Also, No one has mentioned this, but I always scrub down black iron pipe with paint thinner to remove the black staining on the pipes. Cleans up really nice and no more rubbing that stuff off. Never made these clamps before, but I clean the BIP anyways so I don't get dirty using it. I guess you could paint it after if you didn't want raw steel exposed.


----------



## MT Stringer (Jul 21, 2009)

Here are a few pics of the HF bar clamps with the plywood inserts.


----------



## mmwood_1 (Oct 24, 2007)

I mostly use the Jorgenson Pony pipe clamps.
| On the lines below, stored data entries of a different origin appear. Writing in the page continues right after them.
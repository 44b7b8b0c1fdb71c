#![tactic(auto)]
// The network file: its reader and its writer.
ghost use Rattle.std.specs.Prelude.{◌≡◌, length, OnOk, OnErr};
ghost use Rattle.spec.specs.File.{read_of, write_of, buffer_after};
ghost use Rattle.network.specs.Record.{net_of};
ghost use Rattle.fields.specs.Scans.{ask_of};
ghost use Rattle.netwrite.specs.Contents.{kids_of};
ghost use Rattle.netfile.specs.Answers.{flag_count, given_of, empty_network, network_in, tree_after, flags_after};

mod reader; // reader.rt: the reader's inner functions

use fields::Asked;
use network::Network;
use netwrite::Parts;
use spec::Refusal;

/// What the file asks: nothing, its flags, as many as it has, or a target.
#[derive(Clone, Copy, Debug, PartialEq, Eq)]
pub enum Ask {
    Plain,
    Flagged(usize),
    Target(u8),
}

/// What a file that was read has beside its network: how many places of the tree's list its tree fills, if it has one, and what it asks.
#[derive(Clone, Copy, Debug, PartialEq, Eq)]
pub struct Given {
    pub tree: Option<usize>,
    pub ask: Ask,
}

// Stays: the tree's list is written here, and checked where it is used.
/// Reads a network file into a record, whatever it held. A tree's children go to the front of `tree`, flags to the front of `flags`; after a
/// refusal both stay as they are, and the network is the empty one.
pub fn read_network(
    file: &[u8],
    network: &mut Network,
    tree: &mut [u16],
    flags: &mut [u8],
) -> Result<Given, Refusal>
    ensures answer { result ≡ given_of (read_of (length tree.old) (length flags.old) file.now) }
    ensures network { OnOk result (net_of network.new ≡ network_in (read_of (length tree.old) (length flags.old) file.now)) }
    ensures empty { OnErr result (net_of network.new ≡ empty_network) }
    ensures tree { tree.new ≡ tree_after (read_of (length tree.old) (length flags.old) file.now) tree.old }
    ensures flags { flags.new ≡ flags_after (read_of (length tree.old) (length flags.old) file.now) flags.old }
{
    let answer = reader::read(file, network, tree, flags);
    if answer.is_err() {
        *network = Network::empty();
    }
    answer
}

// Stays: the tree comes from outside, and is checked here; buffer and cursor are handed on as they come.
/// Writes the file of a network, of a tree, if there is one, and of what is asked, from the cursor on, and answers the cursor past it; or
/// refuses, in this order, the network by its check, a buffer that is too short, a tree that is not the network's, wrong flags. After a refusal
/// the buffer stays as it is.
pub fn write_network(
    network: &Network,
    tree: Option<&[u16]>,
    ask: Asked,
    out: &mut [u8],
    cursor: usize,
) -> Result<usize, Refusal>
    ensures answer { result ≡ write_of (record { network = net_of network.now; tree = kids_of tree.entry; ask = ask_of ask.entry }) (length out.old) cursor }
    ensures buffer { out.new ≡ buffer_after (record { network = net_of network.now; tree = kids_of tree.entry; ask = ask_of ask.entry }) cursor (write_of (record { network = net_of network.now; tree = kids_of tree.entry; ask = ask_of ask.entry }) (length out.old) cursor) out.old }
{
    let network = network.accepted()?;
    let parts = Parts { network, tree, ask };
    netwrite::write_accepted(&parts, out, cursor)
}

/// How many flags there are.
pub fn flag_count(ask: Ask) -> usize
    ensures { result ≡ flag_count ask }
{
    match ask {
        Ask::Plain => 0,
        Ask::Flagged(count) => count,
        Ask::Target(_) => 0,
    }
}
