//! What is known after words of groups 1 and 2.

ghost use Rattle.std.specs.Prelude.{◌≡◌, ◌<◌, ◌≤◌, ◌+◌, ◌*◌, ◌++◌, ◌&&◌, ◌||◌, ◌==◌, ◌∷◌, [], if◌then◌else◌, filter, IsTrue, length, map, not, ℕ};
ghost use Rattle.instruct.specs.declared.Profile.TheVariants.{Pdp8E};
ghost use Rattle.instruct.specs.declared.Instruction.TheVariants.{Operate1};
ghost use Rattle.instruct.specs.Bits.{has_bit};
ghost use Rattle.instruct.specs.Instructions.{instruction_of};
ghost use Rattle.wordset.specs.Words.{one, images, has_some};
ghost use Rattle.wordset.specs.Lanes.{words};
ghost use Rattle.wordset.specs.Links.{links_of};
ghost use Rattle.peripherals.specs.Loading.{image_of};
ghost use Rattle.domain.specs.Locations.{Ac};
ghost use Rattle.domain.specs.Adding.{with_name, is_kept};
ghost use Rattle.domain.specs.Narrowing.{asked_by};
ghost use Rattle.domain.specs.Facts.{Place, OfEquations};
ghost use Rattle.domain.specs.CellsInCode.{cell_sets_of};
ghost use Rattle.domain.specs.RelationsInCode.{relation_of, relations_of};
ghost use Rattle.domain.specs.ChainsInCode.{AreShort};
ghost use Rattle.domain.specs.FactInCode.{fact_in_code, rules_of};
ghost use Rattle.transfer.specs.Additions.{complemented, incremented, turned};
ghost use Rattle.transfer.specs.Outcomes.{ac_of, with_link};
ghost use Rattle.transfer.specs.Operations.{ac_after, link_after, moves_bits, relations_operated, chains_operated, operated, images_under, operated_under, part2, tested, cleared2, may_be};
ghost use Rattle.transfer.specs.Shaped.{HaveFewTerms, if_stays, images_from};

use crate::additions::{accumulator_with_rest, has_accumulator, names, put_accumulator};
use crate::fact_sizes::{NextFact, TestedFact};
use crate::skipping::put_part;
use crate::stores::put_begun_longer;
use bin_tape::Image;
use domain::{Location, Names, Relation, Rules, Step, SumFact, Term};
use instruct::{clears, complements, increments, moves_bits, operate1, reads_switches};
use word12::{Link, Word};
use wordset::{Links, WordSet};

/// Whether a word of group 2 has CLA or OSR, by which the accumulator changes.
fn changes_accumulator(word: Word) -> bool
    ensures { result ≡ (has_bit 7 word || has_bit 2 word) }
{
    clears(word) || reads_switches(word)
}

/// Whether a word of group 1 leaves no relation of the accumulator: with CLA, a rotation or BSW.
fn forgets_accumulator(word: Word) -> bool
    ensures { result ≡ (has_bit 7 word || moves_bits word) }
{
    clears(word) || moves_bits(word)
}

/// Lets a relation say what it says after CMA, and whether it says something then.
fn complement(relation: &mut Relation) -> bool
    requires { length (relation_of relation.old).sum < 4 }
    ensures { if_stays result (relation_of relation.new) ≡ complemented (relation_of relation.old) }
{
    if has_accumulator(&relation.sum) {
        let accumulator = Term::Holding(Location::Accumulator);
        relation.sum = accumulator_with_rest(Word::from_index(0o7777), &accumulator, &relation.sum);
        relation.set.complement();
        return true;
    }
    !names(&Location::Accumulator, &relation.sum)
}

/// Lets a relation say what it says after IAC, and whether it says something then.
fn increment(relation: &mut Relation) -> bool
    ensures { if_stays result (relation_of relation.new) ≡ incremented (relation_of relation.old) }
{
    if has_accumulator(&relation.sum) {
        relation.set.shift(Word::from_index(1));
        return true;
    }
    !names(&Location::Accumulator, &relation.sum)
}

/// What a relation becomes by CMA, where a word of group 1 has it; else the relation stays as it is.
fn complement_if(word: Word, relation: &mut Relation) -> bool
    requires { length (relation_of relation.old).sum < 4 }
    ensures { if_stays result (relation_of relation.new) ≡
        (if has_bit 5 word then complemented (relation_of relation.old) else relation_of relation.old ∷ []) }
{
    if complements(word) {
        return complement(relation);
    }
    true
}

/// Lets a relation say what it says after IAC, where a word of group 1 has it, and whether it says something then.
fn increment_if(word: Word, relation: &mut Relation) -> bool
    ensures { if_stays result (relation_of relation.new) ≡
        (if has_bit 0 word then incremented (relation_of relation.old) else relation_of relation.old ∷ []) }
{
    if increments(word) {
        return increment(relation);
    }
    true
}

/// Lets a relation say what it says after a word of group 1 without CLA, a rotation and BSW, and whether it says something then.
fn turn(word: Word, relation: &mut Relation) -> bool
    requires { length (relation_of relation.old).sum < 4 }
    ensures { if_stays result (relation_of relation.new) ≡ turned word (relation_of relation.old ∷ []) }
{
    if !complement_if(word, relation) {
        return false;
    }
    increment_if(word, relation)
}

/// Adds what a relation says after a word of group 1 without CLA, a rotation and BSW, if the rules keep it.
fn push_turned<const C: usize, const R: usize>(
    rules: &Rules,
    word: Word,
    relation: &Relation,
    place: &mut Relation,
    after: &mut SumFact<C, R>,
)
    requires terms { length (relation_of relation.now).sum < 4 }
    requires room { length (relations_of after.old.relations) < R }
    ensures fact { fact_in_code after.new ≡ record (fact_in_code after.old) {
      relations = (fact_in_code after.old).relations ++
          filter (λ r. is_kept (rules_of rules.now) r.sum r.set) (turned word (relation_of relation.now ∷ []));
    } }
    ensures cells { after.new.cells ≡ after.old.cells }
    ensures more { length (relations_of after.new.relations) ≤ length (relations_of after.old.relations) + 1 }
{
    place.copy_from(relation);
    if !turn(word, place) {
        return;
    }
    if place.is_kept(rules) {
        after.push_relation_copy(place);
    }
}

/// Adds what some relations say after a word of group 1 without CLA, a rotation and BSW, if the rules keep it.
fn push_each_turned<const C: usize, const R: usize>(
    rules: &Rules,
    word: Word,
    relations: &[Relation],
    after: &mut SumFact<C, R>,
)
    requires terms { HaveFewTerms (map relation_of relations.now) }
    requires room { length (relations_of after.old.relations) + length relations.now ≤ R }
    ensures fact { fact_in_code after.new ≡ record (fact_in_code after.old) {
      relations = (fact_in_code after.old).relations ++
          filter (λ r. is_kept (rules_of rules.now) r.sum r.set) (turned word (map relation_of relations.now));
    } }
    ensures cells { after.new.cells ≡ after.old.cells }
{
    let mut place = Relation::none();
    for relation in relations {
        push_turned(rules, word, relation, &mut place, after);
    }
}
Mostly 3/4", but I have a few 1/2" that come in handy, mostly on lengths under 3'. Some of my most used clamps are the Jorgenson 12" bar clamps, which I use to hold things down a lot, or clamp short distances where a pipe clamp won't get into. Stay clear of any plastic clamps, they won't last. 

As regards staining, the black pipe clamps will defintely stain the wood if there is contact to the wood with even a little bit of glue squeeze out in that spot. Wax paper is a good barrier. 

Regarding clamping pressure, that really depends. If you are glueing up a butcher block style counter, for instance, and it's 25" wide and composed of 24 seperate boards, you actually need to put quite a bit of pressure on the clamps in order to transfer enough pressure to the inner joints.


----------



## Jim Frye (Aug 24, 2016)

Thought I'd throw in pictures of my clamp cart. 

http://www.woodworkingtalk.com/memb...p-storage-cart-1-17-wide-x-24-long-x-32-high/

http://www.woodworkingtalk.com/memb...hop-tools/42121-clamp-storage-cart-back-view/


----------



## GeorgeC (Jul 30, 2008)

Rodrat said:


> The bar clamps from HF twist I've learned. It's not to keep them from bending, it's to keep them from twisting sideways which they do just by touching them. No tightening required.
> 
> Making them more ridged insures the clamping surfaces stay parallel.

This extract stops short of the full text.